Dataset items
- - - - -
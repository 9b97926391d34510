// The values, by the Rust's names.
ghost use Rattle.std.specs.Prelude.{◌≡◌};
ghost use Rattle.calls.specs.Call.{value};
ghost use Rattle.calls.specs.Model.{step};
ghost use Rattle.str_writer.specs.Value.{integer, char, str, ascii, repeated, display, debug, whole};
ghost use Rattle.formatter.specs.View.{view_f, view_f_out};

use crate::dispatch::Op;
use crate::formatter::Formatter;
use error::Error;
use utils::Range;
use value_writes::{Form, IntegerValue, PVariant};

impl Formatter {
    // Writes or counts a string.
    pub fn write_str(&mut self, buf: &mut [u8], s: &[u8]) -> Result<(), Error>
        ensures { view_f_out result self.new buf.new ≡ step (view_f self.old buf.old) (value (str display s.now (whole s.now))) }
    {
        let end = s.len();
        self.call(
            buf,
            Op::Value(PVariant::Str(Form::Display, Range { start: 0, end })),
            s,
        )
    }

    // Writes or counts the part of a string in the clamped range.
    pub fn write_str_range(&mut self, buf: &mut [u8], s: &[u8], range: Range) -> Result<(), Error>
        ensures { view_f_out result self.new buf.new ≡ step (view_f self.old buf.old) (value (str display s.now range)) }
    {
        self.call(buf, Op::Value(PVariant::Str(Form::Display, range)), s)
    }

    // Writes or counts ASCII text.
    pub fn write_ascii(&mut self, buf: &mut [u8], s: &[u8]) -> Result<(), Error>
        ensures { view_f_out result self.new buf.new
            ≡ step (view_f self.old buf.old) (value (ascii display s.now (whole s.now))) }
    {
        let end = s.len();
        self.call(
            buf,
            Op::Value(PVariant::Ascii(Form::Display, Range { start: 0, end })),
            s,
        )
    }

    // Writes or counts the part of ASCII text in the clamped range.
    pub fn write_ascii_range(&mut self, buf: &mut [u8], s: &[u8], range: Range) -> Result<(), Error>
        ensures { view_f_out result self.new buf.new ≡ step (view_f self.old buf.old) (value (ascii display s.now range)) }
    {
        self.call(buf, Op::Value(PVariant::Ascii(Form::Display, range)), s)
    }

    // Writes or counts a character.
    pub fn write_char(&mut self, buf: &mut [u8], c: u32) -> Result<(), Error>
        ensures { view_f_out result self.new buf.new ≡ step (view_f self.old buf.old) (value (char display c)) }
    {
        self.call(buf, Op::Value(PVariant::Char(Form::Display, c)), b"")
    }

    // Writes or counts a string between quotation marks.
    pub fn write_str_debug(&mut self, buf: &mut [u8], s: &[u8]) -> Result<(), Error>
        ensures { view_f_out result self.new buf.new ≡ step (view_f self.old buf.old) (value (str debug s.now (whole s.now))) }
    {
        let end = s.len();
        self.call(
            buf,
            Op::Value(PVariant::Str(Form::Debug, Range { start: 0, end })),
            s,
        )
    }

    // Writes or counts the part of a string in the clamped range, between quotation marks.
    pub fn write_str_range_debug(
        &mut self,
        buf: &mut [u8],
        s: &[u8],
        range: Range,
    ) -> Result<(), Error>
        ensures { view_f_out result self.new buf.new ≡ step (view_f self.old buf.old) (value (str debug s.now range)) }
    {
        self.call(buf, Op::Value(PVariant::Str(Form::Debug, range)), s)
    }

    // Writes or counts ASCII text between quotation marks.
    pub fn write_ascii_debug(&mut self, buf: &mut [u8], s: &[u8]) -> Result<(), Error>
        ensures { view_f_out result self.new buf.new ≡ step (view_f self.old buf.old) (value (ascii debug s.now (whole s.now))) }
    {
        let end = s.len();
        self.call(
            buf,
            Op::Value(PVariant::Ascii(Form::Debug, Range { start: 0, end })),
            s,
        )
    }

    // Writes or counts the part of ASCII text in the clamped range, between quotation marks.
    pub fn write_ascii_range_debug(
        &mut self,
        buf: &mut [u8],
        s: &[u8],
        range: Range,
    ) -> Result<(), Error>
        ensures { view_f_out result self.new buf.new ≡ step (view_f self.old buf.old) (value (ascii debug s.now range)) }
    {
        self.call(buf, Op::Value(PVariant::Ascii(Form::Debug, range)), s)
    }

    // Writes or counts a character between quotation marks.
    pub fn write_char_debug(&mut self, buf: &mut [u8], c: u32) -> Result<(), Error>
        ensures { view_f_out result self.new buf.new ≡ step (view_f self.old buf.old) (value (char debug c)) }
    {
        self.call(buf, Op::Value(PVariant::Char(Form::Debug, c)), b"")
    }

    // Writes or counts the low seven bits of c n times.
    pub fn write_ascii_repeated(&mut self, buf: &mut [u8], c: u8, n: usize) -> Result<(), Error>
        ensures { view_f_out result self.new buf.new ≡ step (view_f self.old buf.old) (value (repeated c n)) }
    {
        self.call(buf, Op::Value(PVariant::Repeated(c, n)), b"")
    }

    // Writes or counts an integer in decimal.
    pub fn write_display<I: IntegerValue>(&mut self, buf: &mut [u8], x: I) -> Result<(), Error>
        ensures { view_f_out result self.new buf.new
            ≡ step (view_f self.old buf.old) (value (integer display I.BITS (I.value x))) }
    {
        let n = x.to_integer();
        self.call(buf, Op::Value(PVariant::Int(Form::Display, n)), b"")
    }

    // Writes or counts an integer in the form that the flags say.
    pub fn write_debug<I: IntegerValue>(&mut self, buf: &mut [u8], x: I) -> Result<(), Error>
        ensures { view_f_out result self.new buf.new ≡ step (view_f self.old buf.old) (value (integer debug I.BITS (I.value x))) }
    {
        let n = x.to_integer();
        self.call(buf, Op::Value(PVariant::Int(Form::Debug, n)), b"")
    }
}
- - - - -
WHAT IS NEEDED: Show all lines above that contain "whole".

ANSWER TO THE PROBLEM:
ghost use Rattle.str_writer.specs.Value.{integer, char, str, ascii, repeated, display, debug, whole};
        ensures { view_f_out result self.new buf.new ≡ step (view_f self.old buf.old) (value (str display s.now (whole s.now))) }
            ≡ step (view_f self.old buf.old) (value (ascii display s.now (whole s.now))) }
        ensures { view_f_out result self.new buf.new ≡ step (view_f self.old buf.old) (value (str debug s.now (whole s.now))) }
        ensures { view_f_out result self.new buf.new ≡ step (view_f self.old buf.old) (value (ascii debug s.now (whole s.now))) }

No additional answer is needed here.